- Required work
Find the string "eight" in the records. Copy each line that has it.

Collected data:
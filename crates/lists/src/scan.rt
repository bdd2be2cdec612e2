// One pass over the rows of a list, compiled for each of the five with its constants.
ghost use Rattle.std.specs.Prelude.{◌≡◌};
ghost use Rattle.lists.specs.Questions.{list_says};

use crate::rows::{Answers, List};
use text::{begins_with, next_row, word};

// What some row with the key says. A row is read behind its key only if the key is the one asked for, and the pass ends where every answer
// is found.
pub fn list_says<L: List>(list: &[u8], key: &[u8], day: u32) -> Answers
    ensures { result ≡ list_says L.mark list.now key.now day }
{
    let mut found = Answers::NONE;
    if key.len() != L::KEY {
        return found;
    }
    let width = L::WIDTH;
    let place = L::PLACE;
    let size = L::SIZE;
    let asked = word(key, place, size);
    let mut at = 9;
    // No `for`: the place goes on to the next row that has the word, four rows a turn (3,120 instructions a line fewer than row by row).
    while at + width <= list.len() {
        let end = at + width;
        let row = &list[at..end];
        if begins_with(row, key) {
            found = found.joined(L::says(row, day));
            if found.complete() {
                return found;
            }
        }
        at = next_row(list, end, width, place, size, asked);
    }
    found
}
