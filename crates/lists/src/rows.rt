// The five lists, one type each: how wide its rows are, by which word of the key rows are passed, and what one row says, whatever its key: the
// questions of the paper for the list, all answered in one reading.
ghost use Rattle.std.specs.Prelude.{◌≡◌, ◌≤◌, ℕ, [], ◌∷◌, ◌++◌, refl};
ghost use Rattle.text.specs.Number.{little_endian};
ghost use Rattle.std.proofs.Common.{rules};
ghost use Rattle.lists.specs.declared.frame.Mark.{Mark};
ghost use Rattle.lists.specs.declared.frame.Mark.TheVariants.{Lei, Cty, Ccy, Ven, Ins};
ghost use Rattle.lists.specs.Table.{letters_of, key_width, row_width};
ghost use Rattle.lists.specs.Row.{in_days};
ghost use Rattle.lists.specs.Questions.{row_says, joined, complete, Worded};

use crate::frame::Mark;
use cfi::debt_and_bond;
use text::{byte_at, le32, part};

// The answers to a list's questions, in the order in which its look-up names them. A list with fewer than three repeats its last, so
// that all three are true exactly if no further row can change an answer.
// A struct and no array: the questions have names in specs/, and an array is no plainer.
#[derive(Clone, Copy)]
pub struct Answers {
    pub first: bool,
    pub second: bool,
    pub third: bool,
}

impl Answers {
    // Before any row is read.
    pub const NONE: Answers = Answers {
        first: false,
        second: false,
        third: false,
    };

    pub fn joined(self, more: Answers) -> Answers
        ensures { result ≡ joined self more }
    {
        Answers {
            first: self.first | more.first,
            second: self.second | more.second,
            third: self.third | more.third,
        }
    }

    pub fn complete(self) -> bool
        ensures { result ≡ complete self }
    {
        self.first & self.second & self.third
    }
}

pub trait List {
    // The number that the list's first four bytes write, least first: the letters of its mark, and the low byte of version 1.
    const OPENING: u64;

    // The bytes of a row, and of the key that it begins with.
    const WIDTH: usize;

    const KEY: usize;

    // Where in the key the word stands by which rows with another key are passed, and how many bytes it has.
    const PLACE: usize;

    const SIZE: usize;

    ghost OPENING: { ℕ };

    ghost WIDTH: { ℕ };

    ghost KEY: { ℕ };

    ghost PLACE: { ℕ };

    ghost SIZE: { ℕ };

    ghost mark: { Mark };

    fn says(row: &[u8], day: u32) -> Answers
        ensures { result ≡ row_says mark day row.now };

    ghost opens: { OPENING ≡ little_endian 4 (letters_of mark ++ (1 ∷ [])) };

    ghost width_is: { WIDTH ≡ row_width mark };

    ghost key_is: { KEY ≡ key_width mark };

    ghost is_worded: { Worded KEY WIDTH PLACE SIZE };
}

pub struct Leis;

pub struct Countries;

pub struct Currencies;

pub struct Venues;

pub struct Instruments;

// The two days at a place of a row, both included.
fn in_days(row: &[u8], at: usize, day: u32) -> bool
    requires { at ≤ 18 }
    ensures { result ≡ in_days at day row.now }
{
    (le32(row, at) <= day) & (day <= le32(row, at + 4))
}

// Entities of one issuer begin alike: the word is the eight bytes from the ninth on.
impl List for Leis {
    const OPENING: u64 = 0x149454c;

    const WIDTH: usize = 30;

    const KEY: usize = 20;

    const PLACE: usize = 8;

    const SIZE: usize = 8;

    ghost OPENING = { 0x149454c };

    ghost WIDTH = { 30 };

    ghost KEY = { 20 };

    ghost PLACE = { 8 };

    ghost SIZE = { 8 };

    ghost mark = { Lei };

    ghost opens = { refl };

    ghost width_is = { refl };

    ghost key_is = { refl };

    ghost is_worded = { Prim.search rules };

    fn says(row: &[u8], day: u32) -> Answers {
        let status = byte_at(row, 20);
        let entity = byte_at(row, 21);
        let registered = le32(row, 22) <= day;
        let updated = day <= le32(row, 26);
        let acts = (entity == 1) | (entity == 2) & updated;
        let unlapsed = (status == 1) | (status == 3) | (status == 4);
        let any = (1 <= status) & (status <= 4);
        Answers {
            first: unlapsed & acts & registered,
            second: any & acts & registered,
            third: any & acts,
        }
    }
}

// The word is the whole key.
impl List for Countries {
    const OPENING: u64 = 0x1595443;

    const WIDTH: usize = 10;

    const KEY: usize = 2;

    const PLACE: usize = 0;

    const SIZE: usize = 2;

    ghost OPENING = { 0x1595443 };

    ghost WIDTH = { 10 };

    ghost KEY = { 2 };

    ghost PLACE = { 0 };

    ghost SIZE = { 2 };

    ghost mark = { Cty };

    ghost opens = { refl };

    ghost width_is = { refl };

    ghost key_is = { refl };

    ghost is_worded = { Prim.search rules };

    fn says(row: &[u8], day: u32) -> Answers {
        let on = in_days(row, 2, day);
        Answers {
            first: on,
            second: on,
            third: on,
        }
    }
}

// The word is the last two letters.
impl List for Currencies {
    const OPENING: u64 = 0x1594343;

    const WIDTH: usize = 12;

    const KEY: usize = 3;

    const PLACE: usize = 1;

    const SIZE: usize = 2;

    ghost OPENING = { 0x1594343 };

    ghost WIDTH = { 12 };

    ghost KEY = { 3 };

    ghost PLACE = { 1 };

    ghost SIZE = { 2 };

    ghost mark = { Ccy };

    ghost opens = { refl };

    ghost width_is = { refl };

    ghost key_is = { refl };

    ghost is_worded = { Prim.search rules };

    fn says(row: &[u8], day: u32) -> Answers {
        let kind = byte_at(row, 3);
        let current = (kind == 1) & in_days(row, 4, day);
        let pre_euro = kind == 2;
        Answers {
            first: current,
            second: pre_euro,
            third: pre_euro,
        }
    }
}

impl List for Venues {
    const OPENING: u64 = 0x14e4556;

    const WIDTH: usize = 13;

    const KEY: usize = 4;

    const PLACE: usize = 0;

    const SIZE: usize = 4;

    ghost OPENING = { 0x14e4556 };

    ghost WIDTH = { 13 };

    ghost KEY = { 4 };

    ghost PLACE = { 0 };

    ghost SIZE = { 4 };

    ghost mark = { Ven };

    ghost opens = { refl };

    ghost width_is = { refl };

    ghost key_is = { refl };

    ghost is_worded = { Prim.search rules };

    fn says(row: &[u8], day: u32) -> Answers {
        let kind = byte_at(row, 4);
        let on = in_days(row, 5, day);
        Answers {
            first: (kind == 1) & on,
            second: (kind == 2) & on,
            third: (kind == 3) & on,
        }
    }
}

// The word is the last eight bytes of the ISIN. Debt and bonds are what 330 and 350 take for such.
impl List for Instruments {
    const OPENING: u64 = 0x1534e49;

    const WIDTH: usize = 26;

    const KEY: usize = 12;

    const PLACE: usize = 4;

    const SIZE: usize = 8;

    ghost OPENING = { 0x1534e49 };

    ghost WIDTH = { 26 };

    ghost KEY = { 12 };

    ghost PLACE = { 4 };

    ghost SIZE = { 8 };

    ghost mark = { Ins };

    ghost opens = { refl };

    ghost width_is = { refl };

    ghost key_is = { refl };

    ghost is_worded = { Prim.search rules };

    fn says(row: &[u8], day: u32) -> Answers {
        let cfi = part(row, 12, 18);
        let on = in_days(row, 18, day);
        let [debt, bond] = debt_and_bond(cfi);
        Answers {
            first: on,
            second: debt & on,
            third: bond & on,
        }
    }
}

- Result of this exercise
// Entities of one issuer begin alike: the word is the eight bytes from the ninth on.
// The word is the last eight bytes of the ISIN. Debt and bonds are what 330 and 350 take for such.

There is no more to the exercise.